The Orbit system is linked to FXall. We have previously nominated the banks with which we will trade; up to three are selected for each trade through FXall. The trade is then settled and confirmed through FXall, after which an FX settlement report is sent to Amsterdam and San José.

Currently, this data can then be uploaded into the desk-top based electronic banking system. In EMEA we are using a web based electronic banking system and this does not yet have the required file upload capability. We are pushing hard on our bank to deliver this capability and hope to be able to upload data from FXall into the banking system by the end of the year.

Our objective is to automate the whole process from the entity keying in its needs through to the cash receipt. To date we have reduced the human input from four to five days a month to about half a day’s work. This represents a clear increase in productivity. The introduction of automation and straight through processing significantly reduces the chances of error.

There are other benefits too. This automation means that all foreign exchange deals will be reported via the web to me. It also makes the monitoring of the funding process much easier. This development has not been easy. It has taken us about two years of development to get us to the stage that we are now.

In what other ways do you use the Internet?

We have developed a number of other tools, including:

  1. A bank signatory tool.

    The tool includes a database of our bank accounts worldwide and a virtual approval process for the addition of new signatories. In addition the tool generates documentation acceptable to our banks worldwide.

  2. A wire transfer request tool.

    This allows us to route nonregular payments through an electronic approval process. When a payment needs to be authorised, the authoriser receives a message by email. By clicking an icon, the authoriser can view any relevant supporting documentation before authorising the payment (or not) electronically.

  3. Investment.

    We can trade off the Bloomberg portfolio trading system and this allows us to route the trades directly through to State Street electronically.

We can control what goes on in our own environment, but we sometimes run into the problems once we have to interact with certain outside providers, most particularly with the banking world.

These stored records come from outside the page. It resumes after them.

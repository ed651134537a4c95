//! A machine of a call, with what its steps see.

ghost use Rattle.std.specs.Prelude.{◌≡◌, ℕ};
ghost use Rattle.barriers.specs.declared.front.Front.{Front};

use crate::front::Front;
use call_steps::CallMachine;

/// A machine of a call, which tells what each step makes of the changes that its pass has seen.
pub trait Watched: CallMachine {
    /// What its step makes of that, where it finds this word and changes nothing.
    ghost front: { Self → ℕ → Front };

    /// What its step makes of that, where it finds this word and changes nothing.
    fn front(&self, found: u64) -> Front
        ensures { result ≡ front self.now found };
}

For example, our web-based FX tool runs into problems once we need to get the payments into the payments system. The banks generally dictate the format that they wish to receive payments and it takes time to get them to adapt their systems to take files from other source systems. We spend much time working with our banking partners to drive such matters forward.

What help do you need from your banks?

We would like the banks to talk more to their corporate customers. Many companies are more than happy to help their banking partners to develop their offerings. The pace of change in the banking industry is much slower than we would like. Some of the banks have focussed their ecommerce offerings on the wrong areas and are not focussing on delivering to meet the needs of their customers. I would suggest it would be beneficial to the banking institutions to run customer focus groups to permit the banks to what developments the corporate customers would like to see. We want developments that will increase efficiency like, for example, account opening documentation. We could to be more involved on the strategic level and in return we, at Cisco, would be early adopters of new developments.

Is there a gap between the talk about e-treasury and reality?

There’s no doubt that e-treasury captures the imagination. We are always looking for ways to deploy internet technologies to enhance our productivity. This has been highly successful and we continue to achieve excellent productivity gains. As a result, we have been able to handle an increased volume of treasury activity without additional staffing. At Cisco, we firmly believe that the internet is changing the way we work, live, play and learn. Our aim is to build the ultimate etreasury organisation and to have fun doing it!!